MI Developments (MID) Logo

Email Alerts    Contact     Sitemap
Menu line
     
 

MI Developments Inc. Nominating Committee Charter

1. Purpose And Scope

The corporate governance and nominating committee (the “Committee”) of the Board of Directors (the “Board”) of MI Developments Inc. (the “Company”) shall, in accordance with the responsibilities and duties set out in this Charter, oversee (i) the nomination of persons for election to the Board and (ii) the corporate governance of the Company. The Company believes that “corporate governance” means the process and structure used to oversee the management of the business affairs of the Company in the best interests of the Company. The process and structure define the division of power between, and establish mechanisms for achieving accountability of, the Board and senior management.

2. Membership

2.1 Number of Members

The Committee shall be composed of three members of the Board.

2.2 Independence

Each member of the Committee shall be independent within the meaning of the provisions of National Policy 58-201 – Corporate Governance Guidelines of the Canadian Securities Administrators and the applicable rules and regulations of the United States Securities and Exchange Commission and the New York Stock Exchange, each as may be amended from time to time.

2.3 Term

The members of the Committee shall be appointed annually by the Board. Each member of the Committee shall serve at the pleasure of the Board until the member resigns, is removed, or ceases to be a member of the Board.

2.4 Chair

At the time of the annual appointment of the members of the Committee, the Board shall appoint a member of the Committee as Chair of the Committee.
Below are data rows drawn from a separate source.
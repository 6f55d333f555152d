//! The subcommand `replay`, and its options.

use crate::running::{TURNS, open, status};
use crate::texts::{REPLAY_ABOUT, REPLAY_HELP};
use album_judge::Fault;
use album_replay::replay;
use album_scripts::{Traced, Watch, WatchedReader, WatchedWriter};
use clap::{Arg, ArgAction, ArgMatches, Command};
use std::alloc::{AllocError, Global};
use std::io::{Read, Write};
use std::process::ExitCode;
use std::rt::Files;

/// The subcommand `replay`, with its arguments.
///
/// # Errors
///
/// `AllocError`, where there is no memory for it.
pub(crate) fn replay_command<'a>(alloc: Global) -> Result<Command<'a>, AllocError> {
    Command::new(alloc, "replay")
        .about(REPLAY_ABOUT)
        .after_help(REPLAY_HELP)
        .arg(trace_arg(alloc))?
        .arg(strict_arg(alloc))?
        .arg(script_arg(alloc))
}

fn trace_arg<'a>(alloc: Global) -> Arg<'a> {
    Arg::new(alloc, "trace")
        .long("trace")
        .help("Prints each message that is sent, as if the opening said so")
        .action(ArgAction::SetTrue)
}

fn strict_arg<'a>(alloc: Global) -> Arg<'a> {
    Arg::new(alloc, "strict")
        .long("strict")
        .help("Ends at the first line that is refused, with status 1")
        .action(ArgAction::SetTrue)
}

fn script_arg<'a>(alloc: Global) -> Arg<'a> {
    Arg::new(alloc, "FILE").help("A file with the script, in the place of standard input")
}

/// Replays the lines of the file that is named, or else those of the reader, to their end or to the refusal of their
/// opening.
pub(crate) fn replay_lines<T: Files + Eprint, R: Read, W: Write>(
    rt: &T,
    alloc: Global,
    reader: &mut R,
    writer: &mut W,
    matches: &ArgMatches<'_>,
) -> ExitCode {
    let named = matches.subcommand_matches("replay");
    let is_traced = named.is_some_and(|m| m.get_flag("trace"));
    let is_strict = named.is_some_and(|m| m.get_flag("strict"));
    match named.and_then(|m| m.get_str("FILE")) {
        None => replay_traced(rt, alloc, reader, writer, is_traced, is_strict),
        Some(path) => match open(rt, path) {
            Ok(mut file) => replay_traced(rt, alloc, &mut file, writer, is_traced, is_strict),
            Err(fault) => status(rt, Err(fault)),
        },
    }
}

fn replay_traced<R: Read, W: Write>(
    rt: &impl Eprint,
    alloc: Global,
    reader: &mut R,
    writer: &mut W,
    is_traced: bool,
    is_strict: bool,
) -> ExitCode {
    if is_traced {
        let mut traced = Traced::new(alloc, reader);
        return replay_watched(rt, alloc, &mut traced, writer, is_strict);
    }
    replay_watched(rt, alloc, reader, writer, is_strict)
}

fn replay_watched<R: Read, W: Write>(
    rt: &impl Eprint,
    alloc: Global,
    reader: &mut R,
    writer: &mut W,
    is_strict: bool,
) -> ExitCode {
    if !is_strict {
        return status(rt, replayed(alloc, reader, writer));
    }
    let watch = Watch::new(alloc);
    let mut reader = WatchedReader::new(&watch, reader);
    let mut writer = WatchedWriter::new(&watch, writer);
    let ended = replayed(alloc, &mut reader, &mut writer);
    if ended.is_err() {
        return status(rt, ended);
    }
    match watch.refused() {
        None => {
            name_unanswered(rt, alloc, &watch);
            ExitCode::SUCCESS
        }
        Some(line) => {
            let _ = eprintln!(rt; "album: line {line} is refused");
            ExitCode::from(1)
        }
    }
}

/// Names the asks that are not answered by the end. Without memory none is named.
fn name_unanswered(rt: &impl Eprint, alloc: Global, watch: &Watch) {
    if let Ok(unanswered) = watch.unanswered(alloc) {
        for (line, client) in &unanswered {
            let _ = eprintln!(rt; "album: line {line}: the ask of client {client} is not answered");
        }
    }
}

fn replayed<R: Read, W: Write>(alloc: Global, reader: &mut R, writer: &mut W) -> Result<(), Fault> {
    replay(alloc, reader, writer, TURNS)?;
    writer.flush().map_err(|_| Fault::Writing)
}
3. Duties and Responsibilities

Subject to the powers and duties of the Board, the Board has delegated the following powers and duties to be performed by the Committee on behalf of and for the Board:

3.1 Composition and Qualifications for the Board

The Committee shall undertake on an annual basis an examination of the size of the Board and standards of independence, with a view to determining the impact of the number of directors (including the number of independent directors) on the effectiveness of the Board, and recommend to the Board, if necessary, a reduction or increase in the size of the Board and/or the number of independent directors.

3.2 Annual Assessments

The Committee, in consultation with the Chair of the Board, shall endeavour to ensure that an appropriate system is in place to evaluate the effectiveness of the Board as a whole, as well as the committees of the Board and individual directors, with a view to ensuring that they are fulfilling their respective responsibilities and duties. These evaluations should take into account the competencies and skills each director is expected to bring to his or her particular role on the Board or on a committee, as well as any other relevant facts.

3.3 Annual Nominations

Based on the guidelines referred to in this Charter, the Committee shall, annually or as required, recruit and identify individuals qualified to become new Board members and recommend to the Board new director nominees for the next annual meeting of shareholders.

The Committee shall also, annually or as required, recommend to the Board the individual directors to serve on the various committees of the Board.

In making its recommendations, the Committee shall consider the competencies and skills that the Board considers to be necessary for the Board as a whole to possess, the competencies and skills that the Board considers each existing director to possess, and the competencies and skills each new nominee will bring to the boardroom. The Committee shall also consider the amount of time and resources that nominees have available to fulfill their duties as Board members or committee members, as applicable.

3.4 Corporate Governance Review

The Committee shall review the disclosure in the Company’s public disclosure documents relating to corporate governance practices and prepare recommendations to the Board regarding any reports required or recommended on corporate governance.

3.5 Education of Board Members

The Committee shall review, monitor and make recommendations regarding new director orientation and the ongoing development of existing directors.

3.6 Responsibilities of Board Members and Committees

The Committee shall review annually the Board of Directors Charter and the Charters for each committee of the Board, together with the Position Descriptions of each of the Chairman of the Board, the Chair of each committee of the Board and the CEO, and where necessary recommend changes to the Board.

3.7 Conflicts of Interest

The Committee shall monitor conflicts of interest (real or perceived) of members of the Board and management in accordance with the Code of Conduct and Ethics.

4. Meetings

4.1. Procedure

The time and place of the meetings of the Committee, the calling of meetings of the Committee and the procedure at such meetings in all respects shall be determined by the Committee; provided, however, that a majority of the members of the Committee shall constitute a quorum.

4.2 Reporting to the Board

The Chair shall provide a report to the Board on material matters considered by the Committee.

5 Outside Advisors

The Committee has the authority to engage and compensate any outside advisor that it determines to be necessary to permit it to carry out its duties. The Company shall provide appropriate funding, as determined by the Committee, for the services of these advisors.